*** Block opens ***
//! Takes a placement: splits its shelf where that is due, and the item in it.
//!
//! Definitions: `PlacementTaken` of `Private`, and `Taking` for what it means. All memory is taken before
//! the first change, so an `Err` changes nothing; this has to stay so. In the list by height no shelf is moved: that they
//! have changed is noted.

ghost use Rattle.std.specs.Prelude.{◌≡◌, ℕ, ◌+◌, ◌<◌, ◌≤◌, None, Some, IfOk, OnOk, OnErr, IfSome, false, is_some, length};
ghost use Rattle.etagere_base.specs.Frames.{longest_side};
ghost use Rattle.etagere_links.specs.Links.{no_link};
ghost use Rattle.shelf_notes.specs.Private.SecondWidths.{second_at};
ghost use Rattle.shelf_records.specs.RecordUses.{rests_missing};
ghost use Rattle.shelf_model.specs.Choice.{splits};
ghost use Rattle.shelf_store.specs.Private.FoundNotes as notes;
ghost use Rattle.shelf_store.specs.Private.FoundNotes.{found_notes};
ghost use Rattle.shelf_store.specs.Private.PlacementTaken as spec;
ghost use Rattle.shelf_store.specs.Private.SecondWidths.{FollowsTaking, IsBoundLeft, is_only_free, leaves_bound};
ghost use Rattle.etagere_base.specs.Lists.{times};
ghost use Rattle.shelf_heights.specs.Private.ByHeight.{AreInOrder, numbers_by_height};
ghost use Rattle.shelf_notes.specs.Private.Pending.{is_noted};
ghost use Rattle.shelf_store.specs.Private.PlacementTaken.{AreRestsThere, CanTakeFrom, IsItemSplittable, IsItemThere, IsShelfSplittable, placement_taken, taken_notes};

use crate::settling::noting::reserve_shelves;
use etagere_base::{AllocId, INDEX_MODULUS};
use etagere_links::Link;
use shelf_heights::by_height::ShelvesByHeight;
use shelf_heights::heights::rebound;
use shelf_model::placements::Placement;
use shelf_notes::pending::PendingShelves;
use shelf_notes::second_widths::SecondWidths;
use shelf_records::{LinkedItem, LinkedShelf, Records};
use std::alloc::AllocError;
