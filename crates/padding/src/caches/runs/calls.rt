//! The calls that change a cache with a padding, as values, and what each answers.
//!
//! The definition of runs (`Runs`) matches on them.

use etagere_shelves::{AtlasGrowFault, Rectangle, Size};
use glyph_shelf::{GlyphFault, Placed};
use std::num::NonZeroUsize;

/// A call of a cache with a padding.
#[derive(Drop)]
pub enum PaddedCall {
    /// `place` of a key, for a size in pixels.
    Place(u64, Size),
    /// `get`.
    Get(u64),
    /// `remove`.
    Remove(u64),
    /// `retain` of the keys that are none of these.
    Retain(Vec<u64>),
    /// `begin_frame`.
    BeginFrame,
    /// `grow` to a size in pixels.
    Grow(Size),
    /// `set_capacity`.
    SetCapacity(NonZeroUsize),
    /// `clear`.
    Clear,
}

/// What a call answers. Rectangles are without their padding.
#[derive(Drop)]
pub enum PaddedReply {
    /// The key has this rectangle.
    Placed(Placed),
    /// The key wasn't placed; what the fault names as evicted is gone.
    Refused(GlyphFault),
    /// The key has this rectangle.
    At(Rectangle),
    /// The key had this rectangle.
    Removed(Rectangle),
    /// The key isn't there. Nothing changed.
    NotThere,
    /// None of those keys is there any more.
    Retained,
    /// A frame has begun.
    Begun,
    /// The atlas has grown.
    Grown,
    /// The atlas can't grow so. Nothing changed.
    NotGrown(AtlasGrowFault),
    /// There may be as many keys now; these went.
    Evicted(Vec<u64>),
    /// There was no memory. Nothing changed.
    NoMemory,
    /// Nothing is there any more.
    Cleared,
}
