// Why the router refuses an event.
ghost use Rattle.records.specs.Errors.{refusal_if};
ghost use Rattle.std.specs.Result.{result_and};
ghost use Rattle.std.specs.Prelude.{◌≡◌, is_ok};
ghost use Rattle.input_events.specs.RouterErrors.{router_error_number, from_composition};
ghost use Rattle.input_events.specs.declared.error.PlatformInputError.TheVariants.{Composition};

use records::error::{CompositionError, Outcome, Refusal};

// The Rust's errors in their declared order, the two added by the port, and the registry's refusals.
#[derive(Clone, Copy, PartialEq, Eq)]
pub enum PlatformInputError {
    InvalidDevice,
    InvalidSequence,
    InvalidTimestamp,
    InvalidPointer,
    InvalidPressure,
    InvalidTilt,
    InvalidTextSelection,
    InvalidShortcut,
    InvalidWindow,
    Capacity,
    PortLimit,
    Damaged,
    Composition(CompositionError),
}

// The answer of a call on the router that has no other.
pub type RouterOutcome = Result<(), PlatformInputError>;

impl Refusal for PlatformInputError {
    ghost number_of = { router_error_number };

    fn number(self) -> u64 {
        match self {
            PlatformInputError::InvalidDevice => 31,
            PlatformInputError::InvalidSequence => 32,
            PlatformInputError::InvalidTimestamp => 33,
            PlatformInputError::InvalidPointer => 34,
            PlatformInputError::InvalidPressure => 35,
            PlatformInputError::InvalidTilt => 36,
            PlatformInputError::InvalidTextSelection => 37,
            PlatformInputError::InvalidShortcut => 38,
            PlatformInputError::InvalidWindow => 39,
            PlatformInputError::Capacity => 40,
            PlatformInputError::PortLimit => 41,
            PlatformInputError::Damaged => 42,
            PlatformInputError::Composition(inner) => inner.number(),
        }
    }
}

impl From<CompositionError> for PlatformInputError {
    ghost from_gives = { λ inner error. error ≡ Composition inner };

    fn from(inner: CompositionError) -> Self {
        PlatformInputError::Composition(inner)
    }
}

// A refusal of the registry inside the router's.
pub fn from_composition(outcome: Outcome) -> RouterOutcome
    ensures { result ≡ from_composition outcome }
{
    outcome.map_err(PlatformInputError::Composition)
}
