// The events of the platform. Key names and texts are left out: of a text its length counts. So are a gamepad's axes
// and buttons.
use handles::GenerationalHandle;
use maps::keys::InputDeviceId;

#[derive(Clone, Copy, PartialEq, Eq)]
pub enum InputDeviceKind {
    Mouse,
    Touch,
    Pen,
    Keyboard,
    Gamepad,
}

#[derive(Clone, Copy, PartialEq, Eq)]
pub struct InputModifiers {
    pub shift: bool,
    pub control: bool,
    pub alt: bool,
    pub meta: bool,
    pub caps_lock: bool,
    pub num_lock: bool,
}

#[derive(Clone, Copy, PartialEq, Eq)]
pub enum KeyPhase {
    Down,
    Up,
}

#[derive(Clone, Copy, PartialEq, Eq)]
pub enum PointerPhase {
    Down,
    Move,
    Up,
    Cancel,
}

#[derive(Clone, Copy, PartialEq, Eq)]
pub enum WheelUnit {
    Pixel,
    Line,
    Page,
}

#[derive(Clone, Copy, PartialEq, Eq)]
pub enum CompositionPhase {
    Start,
    Update,
    End,
    Cancel,
}

#[derive(Clone, Copy, PartialEq, Eq)]
pub enum GamepadMapping {
    Standard,
    Raw,
}

#[derive(Clone, Copy, PartialEq, Eq)]
pub struct PlatformInputHeader {
    pub sequence: u64,
    pub timestamp_micros: u64,
    pub metrics_revision: u64,
    pub window: GenerationalHandle,
    pub view: GenerationalHandle,
    pub device: InputDeviceId,
    pub device_kind: InputDeviceKind,
    pub modifiers: InputModifiers,
}

#[derive(Clone, Copy, PartialEq, Eq)]
pub struct PointerInput {
    pub contact: u32,
    pub phase: PointerPhase,
    pub x_milli: i32,
    pub y_milli: i32,
    pub delta_x_milli: i32,
    pub delta_y_milli: i32,
    pub pressure_q15: u16,
    pub tilt_x_degrees: i16,
    pub tilt_y_degrees: i16,
    pub buttons: u32,
    pub changed_button: Option<u8>,
}

#[derive(Clone, Copy, PartialEq, Eq)]
pub struct WheelInput {
    pub contact: u32,
    pub x_milli: i32,
    pub y_milli: i32,
    pub delta_x_milli: i32,
    pub delta_y_milli: i32,
    pub unit: WheelUnit,
}

#[derive(Clone, Copy, PartialEq, Eq)]
pub struct KeyInput {
    pub phase: KeyPhase,
    pub physical_key: u32,
    pub repeat: bool,
}

#[derive(Clone, Copy, PartialEq, Eq)]
pub struct ShortcutInput {
    pub class_mask: u64,
    pub system: bool,
}

// A text, by its length in bytes.
#[derive(Clone, Copy, PartialEq, Eq)]
pub struct TextInput {
    pub length: u32,
}

// The text of an input method, by its length in bytes, and what is selected of it.
#[derive(Clone, Copy, PartialEq, Eq)]
pub struct CompositionInput {
    pub phase: CompositionPhase,
    pub length: u32,
    pub selection_start: u32,
    pub selection_end: u32,
}

#[derive(Clone, Copy, PartialEq, Eq)]
pub struct GamepadInput {
    pub connected: bool,
    pub mapping: GamepadMapping,
}

#[derive(Clone, Copy, PartialEq, Eq)]
pub enum PlatformInputPayload {
    Pointer(PointerInput),
    Wheel(WheelInput),
    Key(KeyInput),
    Shortcut(ShortcutInput),
    Text(TextInput),
    Composition(CompositionInput),
    GamepadSnapshot(GamepadInput),
    FocusChanged(bool),
    VisibilityChanged(bool),
    DeviceDisconnected,
}

#[derive(Clone, Copy, PartialEq, Eq)]
pub struct PlatformInputEvent {
    pub header: PlatformInputHeader,
    pub payload: PlatformInputPayload,
}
*** Block closes ***
**Work task**
Extract, from the listing above, every line where the string "keys" occurs.

**Expected output**
    /// `retain` of the keys that are none of these.
    /// None of those keys is there any more.
    /// There may be as many keys now; these went.
use maps::keys::InputDeviceId;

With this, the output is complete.